This week, a federal jury found Kurt Barton, former CEO of Austin-based
Triton Financial, guilty of running a $75 million
Ponzi scheme that defrauded approximately 300 investors out of more than $50 million.
Victims included: professional athletes David Akers and Ty Detmer, business
owners, members of the Church of Jesus Christ of Latter Day Saints, a
retired teacher, an Austin-area hotel owner, and Barton's own family.
Prosecutors accused Barton of raising $75 million for investments in real
estate and business, and then using the funds to pay Triton's company
expenses, to make Ponzi payments to other investors, and for his personal
purposes. Of the funds raised, less than one third was returned to investors.
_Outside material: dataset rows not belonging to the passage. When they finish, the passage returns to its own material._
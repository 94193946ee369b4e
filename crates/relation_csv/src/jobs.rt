//! Plain files in jobs: reads the lines of a file side by side.
//!
//! A text is cut behind line feeds into ranges, and a job reads the rows of each. Where no range
//! has a quote or a carriage return its records are those of its ranges, one after another. A call
//! here answers `None` where it can't tell, as the calls of `plain.rt` do: at a doubt in any
//! range, and where there are too many rows.
ghost use Rattle.std.specs.Prelude.{◌≡◌, ◌++◌, ◌<◌, ◌≤◌, ℕ, Ok, IfOk, IfSome, drop, length, map, slice_index_or};
ghost use Rattle.std.specs.Thread.{IsSync};
ghost use Rattle.relation_csv.specs.Files.{records_of_bytes, rows_of_records};
ghost use Rattle.relation_csv.specs.inner.Ranges.{ArePutTogether, AreRanges, EndsLine, ReadsRange};

use crate::plain::{PlainReader, behind_records, plain_rows, rows_of_lines, without_mark};
use memchr::{memchr, memchr2};
use rel_base::{MOST_ROWS, Memory, Rows, Schema};
use std::alloc::Global;
use std::str;
use std::thread::{Threads, map_vec};

/// The least number of bytes for each job, where there are several.
const LEAST_BYTES: usize = 131_072;

/// Reads the lines of a plain file side by side, in so many jobs; a short file in fewer, or in one.
#[derive(Drop)]
pub(crate) struct InJobs<'r, R> {
    pub(crate) rt: &'r R,
    pub(crate) jobs: u32,
}

impl<R: Threads + Sync> PlainReader for InJobs<'_, R> {
    ghost is_ready = { λ _. IsSync R.row };

    fn rows(
        &self,
        alloc: Global,
        schema: &Schema,
        bytes: &[u8],
        skip: u64,
    ) -> Result<Option<Rows>, Memory> {
        let jobs = (bytes.len() / LEAST_BYTES).min(self.jobs as usize);
        if jobs <= 1 {
            return plain_rows(alloc, schema, bytes, skip);
        }
        plain_rows_in_jobs(self.rt, alloc, schema, bytes, skip, jobs)
    }
}

/// The rows behind the first `skip` records of a file, in so many jobs, if they can be read where
/// they stand.
fn plain_rows_in_jobs<R: Threads + Sync>(
    rt: &R,
    alloc: Global,
    schema: &Schema,
    bytes: &[u8],
    skip: u64,
    jobs: usize,
) -> Result<Option<Rows>, Memory>
    ensures { IfOk result (λ found. IfSome found (λ rows.
        rows_of_records schema.now (drop skip (records_of_bytes bytes.now)) ≡ Ok rows)) }
{
    let Ok(text) = str::from_utf8(without_mark(bytes)) else {
        return Ok(None);
    };
    let Some(text) = behind_records(text, skip) else {
        return Ok(None);
    };
    let ranges = ranges_of(alloc, text, jobs)?;
    let parts = read_ranges(rt, alloc, schema, ranges)?;
    put_together(alloc, parts)
}

/// Cuts a text into so many ranges of about equal length, behind line feeds.
fn ranges_of(alloc: Global, text: &str, count: usize) -> Result<Vec<&str>, Memory>
    ensures { IfOk result (λ ranges. AreRanges text.now (map (λ range. range.now) ranges.items)) }
{
    let mut ranges = Vec::new(alloc);
    let mut left = text;
    'cuts: for made in 1..count {
        let (range, rest) = split_behind_line(left, left.len() / (count - made + 1));
        ranges.push(range)?;
        left = rest;
    }
    ranges.push(left)?;
    Ok(ranges)
}

/// Cuts a text in two behind the first line feed from there on. Where there is none, nothing is
/// cut off.
fn split_behind_line(text: &str, from: usize) -> (&str, &str)
    requires { from ≤ length text.now }
    ensures whole { result.0.now ++ result.1.now ≡ text.now }
    ensures ends { EndsLine result.0.now }
{
    let Some(at) = memchr(b'\n', &text.as_bytes()[from..]) else {
        return ("", text);
    };
    let end = from + at;
    (&text[..end + 1], &text[end + 1..])
}

/// Reads the rows of each range in a job.
fn read_ranges<R: Threads + Sync>(
    rt: &R,
    alloc: Global,
    schema: &Schema,
    ranges: Vec<&str>,
) -> Result<Vec<Result<Option<Rows>, Memory>>, Memory>
    ensures len { IfOk result (λ parts. length parts.items ≡ length ranges.entry.items) }
    ensures each { IfOk result (λ parts. (i : ℕ) (d : _) (e : _) → i < length ranges.entry.items
        → ReadsRange schema.now (slice_index_or ranges.entry.items i d).now
        (slice_index_or parts.items i e)) }
{
    let parts = map_vec(
        rt,
        ranges,
        &|range: &str| rows_of_range(alloc, schema, range),
    )?;
    Ok(parts)
}

/// The rows of all records of a range, if it has no quote and no carriage return.
fn rows_of_range(alloc: Global, schema: &Schema, range: &str) -> Result<Option<Rows>, Memory>
    ensures { ReadsRange schema.now range.now result }
{
    if memchr2(b'"', b'\r', range.as_bytes()).is_some() {
        return Ok(None);
    }
    rows_of_lines(alloc, schema, range)
}

/// The rows of all parts, one after another. No row is copied.
fn put_together(
    alloc: Global,
    parts: Vec<Result<Option<Rows>, Memory>>,
) -> Result<Option<Rows>, Memory>
    ensures { IfOk result (λ found. IfSome found (ArePutTogether parts.items)) }
{
    let mut rows = Rows::new(alloc);
    for part in parts {
        let Some(part) = part? else {
            return Ok(None);
        };
        if part.len() > MOST_ROWS - rows.len() {
            return Ok(None);
        }
        rows.append(alloc, part)?;
    }
    Ok(Some(rows))
}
At least $2 million was spent on luxury football tickets, sports cars,
private jets, and clothing for Barton's family.
According to court testimony, Barton frequently lied to investors, particularly
about the nature of their investments. Investigators said Barton solicited
and received funds for investments in properties that never existed, and
that he promised "free and clear" titles to investors for properties
that were later used by Triton as collateral.
Barton's attorney defended Barton by saying that, while he certainly
mismanaged the company, he never meant to defraud any of the investors.
It was a defense, however, that the jury obviously didn't buy.
After six hours of deliberation, the jury found Barton guilty on 39 federal
counts, including: securities fraud, wire fraud, false statements related
to loans, money laundering, and conspiracy. He faces a life in prison.